🤖 AI Summary
This work addresses the challenge of learning probability distributions on the simplex for categorical data modeling. The proposed method introduces a Euclidean density modeling framework based on a smooth bijective mapping: it constructs, for the first time, a smooth bijection from the open simplex to ℝ^(K−1) that preserves Aitchison geometry; integrates Dirichlet interpolation to enable continuous representation of discrete categories; and employs flow matching for efficient density estimation.
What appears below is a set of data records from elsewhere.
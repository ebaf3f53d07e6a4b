//! Sets of ranks.
ghost use Rattle.std.specs.Int.{bit_at};
ghost use Rattle.std.specs.Prelude.{ℕ, ◌↔◌, ◌≡◌, ◌==◌, ◌<◌, IsTrue};
ghost use Rattle.riichi_rows.specs.Marks.{has_rank};

/// Ranks of a suit: the first, and a bit for each later one.
#[derive(Clone, Copy)]
pub struct RankSet {
    pub(crate) first: bool,
    pub(crate) later: u8,
}

impl RankSet {
    /// Whether a rank is in the set.
    pub fn contains(&self, rank: u8) -> bool
        requires { rank < 9 }
        ensures { IsTrue result ↔ IsTrue (has_rank self.now rank) }
    {
        if rank == 0 {
            self.first
        } else {
            self.later & (1 << (rank - 1)) > 0
        }
    }

    /// The ranks as a number: bit n is for rank n.
    pub fn bits(&self) -> u64
        ensures each { (rank : ℕ) → rank < 9 → (bit_at result rank == 1) ≡ has_rank self.now rank }
        ensures nine { result < 512 }
    {
        let first = if self.first { 1 } else { 0 };
        first + 2 * self.later as u64
    }
}
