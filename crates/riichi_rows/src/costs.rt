//! What a rank costs.

ghost use Rattle.std.specs.Prelude.{◌≡◌, ℕ, ◌≤◌};
ghost use Rattle.riichi_rows.specs.Costs.{AreCosts, IsCost};
ghost use Rattle.riichi_rows.specs.Open as table;

use crate::cost::Cost;
use crate::lanes::NONE;

/// By how many tiles of a rank are held; no cap is above four.
#[derive(Clone, Copy)]
pub struct Costs {
    pub zero: Cost,
    pub one: Cost,
    pub two: Cost,
    pub three: Cost,
    pub four: Cost,
}

#[inline(always)]
fn lacking_at(have: u8, limit: u8, used: u8) -> u8
    ensures { result ≡ table.cost have limit used }
{
    if used <= limit {
        used.saturating_sub(have)
    } else {
        NONE
    }
}

impl Costs {
    /// The costs of a rank that has so many tiles, and is marked by the bit.
    #[inline(always)]
    pub fn new(have: u8, limit: u8, bit: u8) -> Costs
        ensures { AreCosts have limit bit result }
    {
        Costs {
            zero: Cost::new(lacking_at(have, limit, 0), bit),
            one: Cost::new(lacking_at(have, limit, 1), bit),
            two: Cost::new(lacking_at(have, limit, 2), bit),
            three: Cost::new(lacking_at(have, limit, 3), bit),
            four: Cost::new(lacking_at(have, limit, 4), bit),
        }
    }

    /// What it costs to hold so many tiles.
    #[inline(always)]
    pub fn of(&self, used: u8) -> Cost
        requires { used ≤ 4 }
        ensures { (have limit bit : ℕ) → limit ≤ 4 → AreCosts have limit bit self.now
            → IsCost have limit bit used result }
    {
        match used {
            0 => self.zero,
            1 => self.one,
            2 => self.two,
            3 => self.three,
            _ => self.four,
        }
    }
}
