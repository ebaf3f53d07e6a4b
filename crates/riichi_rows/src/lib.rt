//! Suit rows: what one suit lacks of so many sets, with a pair and without one, and of which ranks; and
//! rows that are kept for the next hand.
//!
//! A `SuitRow` holds for up to four sets, with and without a pair, the least number of tiles that
//! a suit lacks of any choice of blocks, or none where no choice keeps within the caps; and beside
//! each such number the ranks that some choice with that lack lacks.
//! `suit_row` makes it in one pass over the nine ranks, `suit_row_over` over those from the fifth on
//! that `upper_ranks` made, and `join_rows` is the least sum of four rows with one pair in all. So the
//! row of no tiles says `row.get(2, true) == Some(8)`: two sets and a pair are eight tiles. Where one
//! row changes, `join_two` and `JoinedRows` keep the other three joined; `JoinedRows::lacked_by` says
//! which ranks of a suit are lacked by choices that take part in the least sum, as a `RankSet`. A
//! `RowSource` is what answers for rows, and `FreshRows` the one that makes each anew.
//!
//! The other sources keep what they make, and make a row anew only where they keep none of that key. Each
//! row that one keeps is by its type the row of its key, so it answers as `FreshRows` does, whatever it was
//! asked before. None fails. Each is a `CutSource` too, so that it answers waits as it answers shapes: it keeps
//! cuts beside rows, but for a `LentMemo` that is lent no places for them.
//!
//! - `RowMemo` has a place for each of so many rows, in pairs, and finds the pair of a row by its counts and
//!   caps. Where one of the two is that very row, it is the answer; else the row is made, and the older of
//!   the two gives way. Beside the rows it keeps their upper ranks (`KeptUpper`), which many suits have in
//!   common: a row that isn't there is made over them in half the time. It is the fastest.
//! - `LentMemo` is the same in arrays that the caller lends: it takes no memory.
//! - `RowCache` keeps the rows that it was asked for last, up to its capacity. A row for which there
//!   is no memory is not kept.
//! - `SuitMemo` is a `RowMemo`, or the same in the value itself where there is no memory for that.
//!
//! ```text
//! let mut memo = RowMemo::new(alloc, 16384)?;          // 16,384 places
//! let row = memo.row(&[0; 9], &[4; 9], true);          // made, and kept
//! let again = memo.row(&[0; 9], &[4; 9], true);        // found
//! ```
#![tactic(auto)]

mod added;
mod cost;
mod costs;
mod join;
mod joined;
mod kept_row;
mod kept_upper;
mod lacked;
mod lanes;
pub mod laws;
mod lent_memo;
mod marked_lanes;
mod memory;
mod open;
mod place;
mod rank_set;
mod ranks;
mod row;
mod row_cache;
mod row_key;
mod row_memo;
mod row_source;
mod suit_lanes;
mod suit_memo;

pub use joined::{JoinedRows, join_rows, join_two};
pub use kept_row::KeptRow;
pub use kept_upper::KeptUpper;
pub use lent_memo::LentMemo;
pub use memory::Memory;
pub use open::Open;
pub use rank_set::RankSet;
pub use ranks::{suit_row, suit_row_over, upper_ranks};
pub use row::SuitRow;
pub use row_cache::RowCache;
pub use row_memo::RowMemo;
pub use row_source::{FreshRows, RowSource};
pub use suit_memo::SuitMemo;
Crucially, the inverse mapping exactly recovers the distribution on the original simplex, circumventing the computational complexity inherent in Riemannian manifold modeling. Experiments on synthetic and real-world datasets demonstrate that the approach achieves or surpasses state-of-the-art baselines in both distributional fidelity and sample quality, while maintaining theoretical rigor and practical generalizability.
📝 Abstract
We propose a method for learning and sampling from probability distributions supported on the simplex. Our approach maps the open simplex to Euclidean space via smooth bijections, leveraging the Aitchison geometry to define the mappings, and supports modeling categorical data by a Dirichlet interpolation that dequantizes discrete observations into continuous ones. This enables density modeling in Euclidean space through the bijection while still allowing exact recovery of the original discrete distribution. Compared to previous methods that operate on the simplex using Riemannian geometry or custom noise processes, our approach works in Euclidean space while respecting the Aitchison geometry, and achieves competitive performance on both synthetic and real-world data sets.